Обе женщины потеряли в Испании все свое имущество и жили на деньги, которые, к счастью, имелись у них, на текущих счетах, в швейцарских банках.

Единственный сын графини дрался в рядах франкистов, и вскоре бедная женщина получила из испанского консульства официальное сообщение о его смерти. Что должна была пережить несчастная мать, получив эту ужасную весть, вообразить не трудно; но, вероятно, наплакавшись вдоволь у себя в комнате, она как всегда вышла к обеденному столу, и чтобы не навязывать другим своего горя, ничем его внешне не проявила.

Из газет мы узнали о расстреле республиканскими властями основателя фалангизма, сына бывшего диктатора, Хозе Антонио Прима де Ривера. По этому поводу Маркиза нам рассказала: «Я его лично очень близко знала с самого его детства. Он был милейшим юношей. После основания им фалангизма я ему говорила: «Дорогой Хозе, ваше движение весьма симпатично, но, по-моему, вы просто фантазируете». — «Нет, синьора Маркиза, — отвечал он мне, — вы сами увидите как это серьезно». — Бедный мальчик! теперь мы действительно увидели».

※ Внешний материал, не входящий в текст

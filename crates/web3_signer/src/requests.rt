//! What Web3Signer is asked, as texts.
ghost use Rattle.std.specs.Prelude.{◌≡◌, codes, decimal, IfOk, string_bytes};
ghost use Rattle.json_members.specs.Building.{built};
ghost use Rattle.phase0_types.specs.Containers.{beacon_block_header};
ghost use Rattle.phase0_types.specs.Headers.{beacon_block_header_value};
ghost use Rattle.phase0_types.specs.Writing.{write};
ghost use Rattle.serde_json.specs.Data.{no_members, object, put, string};
ghost use Rattle.serde_json.specs.View.{view};
ghost use Rattle.signer_link.specs.Versions.{version_name};
ghost use Rattle.web3_signer.specs.Web3 as web3;

use altair_blocks::AnyBlock;
use edge_kit::{PubKey, Root, hex_text, push_hex};
use json_members::Object;
use phase0_types::{BeaconBlockHeader, Fork, Shaped};
use serde_json::{Value, json};
use signer_link::{Aggregate, BlockVersion, PlainObject, PlainRequest, SignObject, SignRequest};
use slash_defs::Message;
use std::alloc::{AllocError, Global};

/// The path of the call for a signature by a key.
pub(crate) fn sign_path(alloc: Global, key: &PubKey) -> Result<String, AllocError>
    ensures { IfOk result (λ path. string_bytes path ≡ web3.sign_path key.now) }
{
    let mut path = String::from_str(alloc, "/api/v1/eth2/sign/")?;
    push_hex(alloc, &mut path, &key.0)?;
    Ok(path)
}

/// The body of a request for the signature of a message.
pub(crate) fn sign_body(
    alloc: Global,
    request: &SignRequest,
    message: &Message,
) -> Result<Vec<u8>, AllocError>
    ensures { IfOk result (λ body. body.items ≡ web3.sign_body request.now message.now) }
{
    let text = sign_value(alloc, request, message)?.to_string(alloc)?;
    Ok(text.into_bytes())
}

fn sign_value(alloc: Global, request: &SignRequest, message: &Message) -> Result<Value, AllocError>
    ensures { IfOk result (λ v. view v ≡ web3.sign_data request.now message.now) }
{
    let info = fork_info(alloc, &request.fork, &request.genesis)?;
    let root = hex_text(alloc, &message.signing_root().0)?;
    let kind = type_of(message);
    match &request.object {
        None => Ok(members_of(alloc, info, root.as_str(), kind)?.value()),
        Some(given) => object_value(alloc, given, info, root.as_str(), kind),
    }
}

/// The request for a message whose object is known.
fn object_value(
    alloc: Global,
    given: &SignObject,
    info: Value,
    root: &str,
    kind: &str,
) -> Result<Value, AllocError>
    ensures { IfOk result (λ v. view v ≡ object (web3.with_object (Some given.now) (web3.with_root (view info) (string root.now) kind.now no_members))) }
{
    match given {
        SignObject::Header { version, header } => {
            let block = header_value(alloc, *version, header)?;
            with_member(alloc, "beacon_block", block, info, root, kind)
        }
        SignObject::Block(block) => {
            let block = block_value(alloc, block)?;
            with_member(alloc, "beacon_block", block, info, root, kind)
        }
        SignObject::Attestation(details) => {
            let details = details.to_value(alloc)?;
            with_member(alloc, "attestation", details, info, root, kind)
        }
    }
}

fn header_value(
    alloc: Global,
    version: BlockVersion,
    header: &BeaconBlockHeader,
) -> Result<Value, AllocError>
    ensures { IfOk result (λ v. view v ≡ web3.versioned (codes "block_header") (version_name version) (write beacon_block_header (beacon_block_header_value header.now))) }
{
    let header = header.to_value(alloc)?;
    versioned(alloc, "block_header", version, header)
}

/// An object under its name, next to the name of its version.
fn versioned(
    alloc: Global,
    name: &str,
    version: BlockVersion,
    value: Value,
) -> Result<Value, AllocError>
    ensures { IfOk result (λ v. view v ≡ object (put (codes "version") (string (version_name version)) (put name.now (view value) no_members))) }
{
    let object = Object::new(alloc)
        .with_value(alloc, name, value)?
        .with_text(alloc, "version", version.name())?;
    Ok(object.value())
}

fn block_value(alloc: Global, block: &AnyBlock) -> Result<Value, AllocError>
    ensures { IfOk result (λ v. view v ≡ web3.block_data block.now) }
{
    let value = block.to_value(alloc)?;
    versioned(
        alloc,
        "block",
        BlockVersion::of_block(block.version()),
        value,
    )
}

/// The members of each request to sign, and one more.
fn with_member(
    alloc: Global,
    name: &str,
    value: Value,
    info: Value,
    root: &str,
    kind: &str,
) -> Result<Value, AllocError>
    ensures { IfOk result (λ v. view v ≡ object (put name.now (view value) (web3.with_root (view info) (string root.now) kind.now no_members))) }
{
    let object = members_of(alloc, info, root, kind)?.with_value(alloc, name, value)?;
    Ok(object.value())
}

/// The members of each request to sign that is of a chain.
fn members_of(alloc: Global, info: Value, root: &str, kind: &str) -> Result<Object, AllocError>
    ensures { IfOk result (λ object. built object ≡ web3.with_root (view info) (string root.now) kind.now no_members) }
{
    root_members(alloc, root, kind)?.with_value(alloc, "fork_info", info)
}

/// The members of each request to sign.
fn root_members(alloc: Global, root: &str, kind: &str) -> Result<Object, AllocError>
    ensures { IfOk result (λ object. built object ≡ web3.without_chain (string root.now) kind.now no_members) }
{
    Object::new(alloc)
        .with_text(alloc, "signingRoot", root)?
        .with_text(alloc, "type", kind)
}

/// The chain's fork, with the root of its genesis validators.
fn fork_info(alloc: Global, fork: &Fork, genesis: &Root) -> Result<Value, AllocError>
    ensures { IfOk result (λ v. view v ≡ web3.fork_info fork.now genesis.now) }
{
    let fork = fork.to_value(alloc)?;
    let object = Object::new(alloc)
        .with_value(alloc, "fork", fork)?
        .with_hex(alloc, "genesis_validators_root", &genesis.0)?;
    Ok(object.value())
}

/// The type of a request for a message.
fn type_of(message: &Message) -> &'static str
    ensures { result.now ≡ web3.type_of message.now }
{
    match message {
        Message::Block { .. } => "BLOCK_V2",
        Message::Vote { .. } => "ATTESTATION",
    }
}

/// The body of a request for another signature.
pub(crate) fn plain_body(alloc: Global, request: &PlainRequest) -> Result<Vec<u8>, AllocError>
    ensures { IfOk result (λ body. body.items ≡ web3.plain_body request.now) }
{
    let text = plain_value(alloc, request)?.to_string(alloc)?;
    Ok(text.into_bytes())
}

/// The request for another signature: the members of each request, and the object under its name.
fn plain_value(alloc: Global, request: &PlainRequest) -> Result<Value, AllocError>
    ensures { IfOk result (λ v. view v ≡ web3.plain_data request.now) }
{
    let root = hex_text(alloc, &request.signing_root().0)?;
    let value = object_data(alloc, &request.object)?;
    let object = plain_others(alloc, request, root.as_str())?.with_value(
        alloc,
        plain_name(&request.object),
        value,
    )?;
    Ok(object.value())
}

/// The members next to the object. A registration is of no chain.
fn plain_others(alloc: Global, request: &PlainRequest, root: &str) -> Result<Object, AllocError>
    ensures { IfOk result (λ object. built object ≡ web3.plain_others request.now.object (web3.fork_info request.now.fork request.now.genesis) (string root.now)) }
{
    match &request.object {
        PlainObject::ValidatorRegistration(_) => {
            root_members(alloc, root, "VALIDATOR_REGISTRATION")
        }
        given => {
            let info = fork_info(alloc, &request.fork, &request.genesis)?;
            members_of(alloc, info, root, plain_type(given))
        }
    }
}

/// The name of the object in the request.
fn plain_name(given: &PlainObject) -> &'static str
    ensures { result.now ≡ web3.plain_name given.now }
{
    match given {
        PlainObject::RandaoReveal { .. } => "randao_reveal",
        PlainObject::AggregationSlot { .. } => "aggregation_slot",
        PlainObject::VoluntaryExit(_) => "voluntary_exit",
        PlainObject::SyncCommitteeMessage { .. } => "sync_committee_message",
        PlainObject::SyncCommitteeSelectionProof(_) => "sync_aggregator_selection_data",
        PlainObject::SyncCommitteeContributionAndProof(_) => "contribution_and_proof",
        PlainObject::Aggregate(_) => "aggregate_and_proof",
        PlainObject::ValidatorRegistration(_) => "validator_registration",
    }
}

/// The type of the request.
fn plain_type(given: &PlainObject) -> &'static str
    ensures { result.now ≡ web3.plain_type given.now }
{
    match given {
        PlainObject::RandaoReveal { .. } => "RANDAO_REVEAL",
        PlainObject::AggregationSlot { .. } => "AGGREGATION_SLOT",
        PlainObject::VoluntaryExit(_) => "VOLUNTARY_EXIT",
        PlainObject::SyncCommitteeMessage { .. } => "SYNC_COMMITTEE_MESSAGE",
        PlainObject::SyncCommitteeSelectionProof(_) => "SYNC_COMMITTEE_SELECTION_PROOF",
        PlainObject::SyncCommitteeContributionAndProof(_) => {
            "SYNC_COMMITTEE_CONTRIBUTION_AND_PROOF"
        }
        PlainObject::Aggregate(aggregate) => aggregate_type(aggregate),
        PlainObject::ValidatorRegistration(_) => "VALIDATOR_REGISTRATION",
    }
}

/// The JSON of the object.
fn object_data(alloc: Global, given: &PlainObject) -> Result<Value, AllocError>
    ensures { IfOk result (λ v. view v ≡ web3.object_data given.now) }
{
    match given {
        PlainObject::RandaoReveal { epoch } => number_value(alloc, "epoch", *epoch),
        PlainObject::AggregationSlot { slot } => number_value(alloc, "slot", *slot),
        PlainObject::VoluntaryExit(exit) => exit.to_value(alloc),
        PlainObject::SyncCommitteeMessage {
            slot,
            beacon_block_root,
        } => sync_message_value(alloc, *slot, beacon_block_root),
        PlainObject::SyncCommitteeSelectionProof(choice) => choice.to_value(alloc),
        PlainObject::SyncCommitteeContributionAndProof(given) => given.to_value(alloc),
        PlainObject::Aggregate(aggregate) => aggregate_data(alloc, aggregate),
        PlainObject::ValidatorRegistration(registration) => registration.to_value(alloc),
    }
}

/// The type of a request for an aggregate.
fn aggregate_type(given: &Aggregate) -> &'static str
    ensures { result.now ≡ web3.aggregate_type given.now }
{
    match given {
        Aggregate::Unnamed(_) => "AGGREGATE_AND_PROOF",
        Aggregate::UpToDeneb { .. } | Aggregate::FromElectra { .. } => "AGGREGATE_AND_PROOF_V2",
    }
}

/// An aggregate, next to the name of its version where it has one.
fn aggregate_data(alloc: Global, given: &Aggregate) -> Result<Value, AllocError>
    ensures { IfOk result (λ v. view v ≡ web3.aggregate_data given.now) }
{
    match given {
        Aggregate::Unnamed(aggregate) => aggregate.to_value(alloc),
        Aggregate::UpToDeneb { version, aggregate } => {
            let value = aggregate.to_value(alloc)?;
            versioned(alloc, "data", *version, value)
        }
        Aggregate::FromElectra { version, aggregate } => {
            let value = aggregate.to_value(alloc)?;
            versioned(alloc, "data", *version, value)
        }
    }
}

/// What a sync committee's member says: the root of a block, and the slot.
fn sync_message_value(alloc: Global, slot: u64, root: &Root) -> Result<Value, AllocError>
    ensures { IfOk result (λ v. view v ≡ web3.sync_message_data slot root.now) }
{
    let object = Object::new(alloc)
        .with_hex(alloc, "beacon_block_root", &root.0)?
        .with_number(alloc, "slot", slot)?;
    Ok(object.value())
}

/// An object of one number.
fn number_value(alloc: Global, name: &str, number: u64) -> Result<Value, AllocError>
    ensures { IfOk result (λ v. view v ≡ web3.one_member name.now (string (decimal number))) }
{
    let object = Object::new(alloc).with_number(alloc, name, number)?;
    Ok(object.value())
}

/// The body of a request to take a key in.
pub(crate) fn import_body(
    alloc: Global,
    keystore: &str,
    password: &str,
) -> Result<Vec<u8>, AllocError>
    ensures { IfOk result (λ body. body.items ≡ web3.import_body keystore.now password.now) }
{
    let text = import_value(alloc, keystore, password)?.to_string(alloc)?;
    Ok(text.into_bytes())
}

fn import_value(alloc: Global, keystore: &str, password: &str) -> Result<Value, AllocError>
    ensures { IfOk result (λ v. view v ≡ web3.import_data keystore.now password.now) }
{
    json!(in alloc; {"keystores": [keystore], "passwords": [password]})
}

/// The body of a request to give a key up.
pub(crate) fn delete_body(alloc: Global, key: &PubKey) -> Result<Vec<u8>, AllocError>
    ensures { IfOk result (λ body. body.items ≡ web3.delete_body key.now) }
{
    let text = delete_value(alloc, key)?.to_string(alloc)?;
    Ok(text.into_bytes())
}

fn delete_value(alloc: Global, key: &PubKey) -> Result<Value, AllocError>
    ensures { IfOk result (λ v. view v ≡ web3.delete_data key.now) }
{
    let key = hex_text(alloc, &key.0)?;
    json!(in alloc; {"pubkeys": [key.as_str()]})
}
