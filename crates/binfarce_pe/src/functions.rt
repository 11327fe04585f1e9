//! The function symbols of selected sections at their addresses in memory, and those of the text by the rule of
//! `functions` of a reader.

ghost use Rattle.std.specs.Prelude.{◌≡◌, ◌≢◌, ◌⊎◌, ℕ, ◌&&◌, ◌+◌, ◌-◌, ◌*◌, ◌<◌, ◌≤◌, ◌++◌, true, false, List, [], ◌∷◌, length, map, All, Some, None, IfOk, IfSome, OnErr, MatchOption, is_some, nat_eq, nat_lt, unwrap_or, if◌then◌else◌};
ghost use Rattle.std.specs.List.{filter_map};
ghost use Rattle.std.specs.Option.{option_map};
ghost use Rattle.binfarce_bytes.specs.Entries.{Answers, ListsSome};
ghost use Rattle.binfarce_bytes.specs.Refusal.{Gives, refusal_of};
ghost use Rattle.binfarce_bytes.specs.RowViews.{rows_view};
ghost use Rattle.binfarce_bytes.specs.SectionEntries.{SelectsSome};
ghost use Rattle.binfarce_bytes.specs.Selection.{section_of};
ghost use Rattle.binfarce_bytes.specs.Sizes.{addresses_of, least_above, least_of};
ghost use Rattle.binfarce_bytes.specs.SymbolViews.{section_function_view, HoldsSized};
ghost use Rattle.binfarce_pe.specs.Pe.{section_at};
ghost use Rattle.binfarce_pe.specs.PeNames.{full_name, string_table};
ghost use Rattle.binfarce_pe.specs.PeParts.{places_of, places_view, headers_view, section_table, table_view, text_view, whole_in};
ghost use Rattle.binfarce_pe.specs.PeRules.{accepted_name, ends_at};
ghost use Rattle.binfarce_pe.specs.PeSelection.{is_external_or_static, is_inner, is_routine, memory_size, memory_address, rules_of, name_of, section_entries, entries_by, section_size, whole_sections, code_section, code_of, sections_in, selected_answer, sections_view, IsWhole, IsWithin, HasHeader};
ghost use Rattle.binfarce_pe.specs.PeViews.{section_view};
ghost use Rattle.binfarce_pe.specs.PeSymbols as pe_symbols;
ghost use Rattle.binfarce_pe.specs.PeSymbols.{pe_answer, record_count};
ghost use Rattle.binfarce_pe.specs.machine.RawPe.{symbol_view, bound_of, ending_name, function_in, names_view, HoldsRows, HoldsSections};

use crate::header::image_base;
use crate::names::{full_name, string_table};
use crate::parts::{SECTION_LENGTH, TableOffsets, Text, text_in};
use crate::sections::{Section, Table, section_at, section_named, section_table};
use crate::symbols::{
    CoffTable, SYMBOL_LENGTH, SymbolRow, is_function, name_of, symbol_of, symbol_table,
};
use binfarce_bytes::functions::{FunctionSymbol, SectionFunction, Selection};
use binfarce_bytes::parser::{number_at, slice_at, to_index};
use binfarce_bytes::sizes::{RowAddress, arrange};
use binfarce_bytes::{ByteOrder, ParseError};
use std::alloc::{AllocError, Global};
use std::mem;

const IMAGE_SYM_CLASS_EXTERNAL: u8 = 2;

const IMAGE_SYM_CLASS_STATIC: u8 = 3;

const IMAGE_SYM_CLASS_LABEL: u8 = 6;

/// The sections of a file whose function symbols are listed.
#[derive(Clone, Copy)]
pub enum SelectedSections<'a> {
    /// The text, by the rule of `functions` of a reader: external functions, at their offsets in it.
    Text(Text),
    /// The sections of a file with this image base, with these headers: external and static functions, at their
    /// addresses in memory. All are selected, or the code section alone, which has this index and size.
    Memory(Option<u64>, Table<'a>, Option<Text>),
}
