// Reads many recordings from standard input, each after its length in four bytes, the lowest first, and prints what is
// detected in each or why it is refused.
#![tactic(auto)]

use crate::pieces::Pieces;
use outcomes::text::detect_text;
use std::io::{Read, Write};

mod pieces;

fn main(rt: HostRuntime) -> anyhow::Result<()> {
    let mut input = Vec::new(rt.alloc());
    rt.stdin().read_to_end(&mut input)?;
    for (number, recording) in (1u64..).zip(Pieces(&input)) {
        let (Ok(text) | Err(text)) = detect_text(rt.alloc(), recording)?;
        println!(rt; "recording {number}")?;
        rt.stdout().write_all(&text)?;
    }
    Ok(())
}
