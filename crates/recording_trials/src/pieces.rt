// Pieces one after another, each after its length in four bytes, up to the first that is not whole.
ghost use Rattle.std.specs.Prelude.{length};
ghost use Rattle.std.specs.Iterator.{at_most};

#[derive(Drop)]
pub(crate) struct Pieces<'a>(pub(crate) &'a [u8]);

impl<'a> Iterator for Pieces<'a> {
    type Item = &'a [u8];

    ghost remaining = { λ s. at_most (length s.0.now) };

    fn next(&mut self) -> Option<&'a [u8]> {
        let (len, pieces) = self.0.split_first_chunk()?;
        let (piece, rest) = pieces.split_at_checked(u32::from_le_bytes(*len) as usize)?;
        self.0 = rest;
        Some(piece)
    }
}
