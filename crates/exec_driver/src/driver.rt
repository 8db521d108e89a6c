//! The driver of a worker.
//!
//! A request is admitted with all the memory that it will need. Until it is over it is in one of these places:
//!
//! ```text
//!            ┌─ gated ───grant──┐
//!   admit ──▶│                  ▼                        ┌──────────── goes on ────────────┐
//!            └───────────── queued ──stage──▶ in flight ─┴─reap──▶ over ──▶ told, let go
//! ```
//!
//! Gated is a durable request without the permit of its open. What is queued is staged in order of coming, one that
//! goes on at the end, while fewer are in flight than the ring has entries. From `stage` until the completion of its
//! operation was reaped the kernel may use what a request owns, so nothing else ends it: a cancel that is
//! acknowledged does not.
//!
//! A deadline is enrolled in the wheel once, at the service after its admission. What is due, or what nobody waits for
//! any more, is cancelled once: a queued request ends so at once; for one in flight a cancel is staged, once, and its
//! completion says how it ended. Writes and syncs are never cancelled.
//!
//! Each list has requests of one place and no other: who leaves a place is taken out of its list at once. `IsSound`
//! (`specs/Sound.antt`) says this. What is pending is read off the lists, so who comes to a place is put into its list
//! by the step that brings it there: each call says so, since what it does to the whole is one
//! function of `specs/Steps.antt`, or one record where a part answers one of several things.
//!
//! A worker makes the calls of `staging`, `timing` and `reaping` step by step, in the order in which `turns` makes them.
//! Each says what the next step is for by the tests beside it. Only `new` and `admit` take memory. Moments are in
//! nanoseconds.

ghost use Rattle.std.specs.Prelude.{◌≡◌, ◌+◌, ◌==◌, ◌&&◌, not, IfOk, IfErr, IsTrue, IsSome, ◌↔◌};
ghost use Rattle.exec_ring.specs.{Kernels.{with_wake, is_quiet}, Rings.fresh as fresh_ring, Stores.Same};
ghost use Rattle.exec_time.specs.{Layouts.slots_of, Wheel.{IsSettled, next_moment}};
ghost use Rattle.exec_waiters.specs.States.{pending_count};
ghost use Rattle.exec_driver.specs.{Driving.{seen, has_pending, may_stage_one, is_full}, Punctual.IsPunctual, Steps.IsFresh};
ghost use Rattle.exec_lists.specs.Lists.{has_first};

use exec_lists::lists::Lists;
use exec_request::window::Window;
use exec_ring::ring::Ring;
use exec_ring::store::Store;
use exec_time::wheel::TimeoutWheel;
use exec_waiters::waiters::Waiters;
use std::alloc::Global;
use std::marker::Model;

mod admitting;
mod ending;
mod observing;
mod reaping;
mod simulated;
mod staging;
mod timing;
mod turns;

pub use reaping::Reaped;
pub use staging::Granted;
pub use timing::Enrolled;

/// The requests of a worker with their ring. `R` is the ring, `S` sends the outcome of a detached sync, `F` sends an
/// output. Ports `Driver`.
#[derive(Drop)]
pub struct Driver<R: Ring, S, F> {
    waiters: Waiters<S, F>,
    ring: R,
    wheel: TimeoutWheel,
    // The requests in each place.
    lists: Lists,
    // How many cancels were staged and not acknowledged.
    cancels_under_way: usize,
    // Whether the wake poll was staged and wasn't ended.
    armed: bool,
    // How many requests may be in flight: as many as the submission queue has entries.
    limit: usize,
    // For how many entries the ring has room until they are reaped.
    places: usize,
}

impl<R: Ring, S, F> Model for Driver<R, S, F> {
    ghost use Rattle.exec_time.specs.WheelView.{room_of};
    ghost use Rattle.exec_driver.specs.Driving.{Parts, seen};
    ghost use Rattle.exec_driver.specs.Sound.{IsHeld};

    ghost Value = { Parts S F };

    ghost view = { λ d. record {
      requests = d.waiters;
      timeouts = d.wheel;
      ring = R.state d.ring;
      landings = R.landings d.ring;
      lists = d.lists;
      cancels_under_way = d.cancels_under_way;
      armed = d.armed;
    } };

    ghost invariant = { λ d. IsHeld (seen (record {
      requests = d.waiters;
      timeouts = d.wheel;
      ring = R.state d.ring;
      landings = R.landings d.ring;
      lists = d.lists;
      cancels_under_way = d.cancels_under_way;
      armed = d.armed;
    })) (room_of d.wheel) d.limit d.places };
}

impl<R: Ring + Drop, S: Drop, F: Drop> Driver<R, S, F> {
    /// A driver without requests, over this ring. No deadline may be further ahead than `horizon`, and each is rounded up
    /// to a `tick` from the moment `now` on. The caller must have a ring in which nothing happened, and a layout that
    /// `TimeoutWheel::validate_layout` takes. Err with the ring only for want of memory. The store stays as it is.
    pub fn new(
        alloc: Global,
        mut ring: R,
        horizon: u64,
        tick: u64,
        now: u64,
        store: &mut Store,
    ) -> Result<Self, R>
        requires fresh { R.state ring ≡ fresh_ring (R.state ring).size }
        requires layout { IsSome (slots_of horizon tick) }
        ensures made { IfOk result (λ d. IsFresh (seen d) (R.state ring).size horizon tick now) }
        ensures punctual { IfOk result (λ d. IsPunctual (seen d)) }
        ensures ring { IfErr result (λ back. R.state back ≡ R.state ring) }
        ensures store { Same store.old store.new }
    {
        let limit = ring.room();
        let Ok(wheel) = TimeoutWheel::new(alloc, horizon, tick, now) else {
            return Err(ring);
        };
        let Ok(waiters) = Waiters::new(alloc, 0) else {
            return Err(ring);
        };
        if ring.reserve(alloc, Window::wake(), store).is_err() {
            return Err(ring);
        }
        Ok(Driver {
            waiters,
            ring,
            wheel,
            lists: Lists::new(alloc),
            cancels_under_way: 0,
            armed: false,
            limit,
            places: 1,
        })
    }

    /// How many requests are not over. Outputs that are kept don't count.
    pub fn len(&self) -> usize
        ensures { result ≡ pending_count (seen self.now).requests }
    {
        self.waiters.len()
    }

    /// Whether all requests are over.
    pub fn is_empty(&self) -> bool
        ensures { result ≡ (pending_count (seen self.now).requests == 0) }
    {
        self.waiters.is_empty()
    }

    // Whether requests stand though a service left its last enter out.
    fn is_put_off(&self, enters: bool) -> bool
        ensures { result ≡ (not enters && not (pending_count (seen self.now).requests == 0)) }
    {
        !enters && !self.is_empty()
    }

    /// Whether a request is to be enrolled, cancelled or staged, and could be. What is staged isn't pending.
    pub fn has_pending_submissions(&self) -> bool
        ensures { result ≡ has_pending (seen self.now) }
    {
        self.lists.has_enrolments() || self.lists.has_cancels() || self.may_stage()
    }

    /// Whether a queued request may be staged: fewer are in flight than the ring has entries.
    pub fn may_stage(&self) -> bool
        ensures { result ≡ may_stage_one (seen self.now) }
    {
        self.lists.has_queued() && self.waiters.in_flight() < self.limit
    }

    /// Whether the cancel of a request in flight is to be staged.
    pub fn has_cancels(&self) -> bool
        ensures { result ≡ has_first (seen self.now).lists.cancels }
    {
        self.lists.has_cancels()
    }

    /// How many entries the submission queue has room for; a service wants one at least.
    pub fn ring_size(&self) -> usize
        ensures { result ≡ (seen self.now).ring.size }
    {
        self.limit
    }

    /// Whether the submission queue has no room.
    pub fn is_full(&self) -> bool
        ensures { result ≡ is_full (seen self.now) }
    {
        self.ring.room() == 0
    }

    /// Whether the wake poll must be staged before the worker may wait on its ring.
    pub fn needs_wake_poll(&self) -> bool
        ensures { result ≡ not (seen self.now).armed }
    {
        !self.armed
    }

    /// Whether a completion is there: of an operation, of a cancel, or a wake.
    pub fn has_completion(&self) -> bool
        ensures { result ≡ not (is_quiet (seen self.now).ring) }
    {
        !self.ring.is_quiet()
    }

    /// Whether a deadline has come whose request was not told so.
    pub fn has_due(&self) -> bool
        ensures { result ≡ has_first (seen self.now).lists.due }
    {
        self.lists.has_due()
    }

    /// Whether a deadline is to be enrolled.
    pub fn has_enrolments(&self) -> bool
        ensures { result ≡ has_first (seen self.now).lists.enrolments }
    {
        self.lists.has_enrolments()
    }

    /// Whether each whose deadline has come was told so, so that the wheel may go on.
    pub fn is_settled(&self) -> bool
        ensures { IsTrue result ↔ IsSettled (seen self.now).wheel }
    {
        self.wheel.is_settled()
    }

    /// The earliest moment at which a deadline comes, as the wheel rounds it. None where none is enrolled. The caller
    /// must have told all requests whose deadline has come.
    pub fn next_deadline(&self) -> Option<u64>
        requires { IsSettled (seen self.now).wheel }
        ensures { result ≡ next_moment (seen self.now).wheel }
    {
        self.wheel.next_deadline()
    }

    /// Raises a wake in the ring.
    pub fn raise(&mut self)
        ensures raised { seen self.new ≡ record (seen self.old) { ring = with_wake (seen self.old).ring; landings = (seen self.new).landings } }
        ensures punctual { IsPunctual (seen self.old) → IsPunctual (seen self.new) }
    {
        self.ring.raise();
    }
}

Они не были франкистами, и к генералу Франсиско Франко большой симпатии не питали. Уже через несколько лет, когда под давлением событий, мой отец решил попытаться эмигрировать в Испанию, он написал Маркизе об этом. Она ответила ему пространным французским письмом. Маркиза писала, что если бы на испанском троне сидел законный король, то для нашей иммиграции не было бы никакого затруднения; но, увы, трон вакантен, а с Генералисимусом у нее нет ничего общего.

Фалик Доктор:

«Хочешь познакомиться с одним румынским студентом? Он, как и ты, говорит по-русски». Это предложение, сделанное мне одним из моих товарищей по политехникуму, я принял с радостью. Знакомство тотчас состоялось. Мы представились друг другу; новый знакомый назвал себя: Фалик Доктор. Я был тогда на третьем курсе электротехнического факультета, а он кончал кораблестроительный, и прилежно трудился над чертежом парохода, для дипломного экзамена. На борту воображаемого, им спроектированного судна, Фалик Доктор тщательно вывел имя: «Иосиф Трумпельдор». Вскоре мы подружились, а через месяц он переехал жить в наш пансион и прожил в нем свыше двух лет.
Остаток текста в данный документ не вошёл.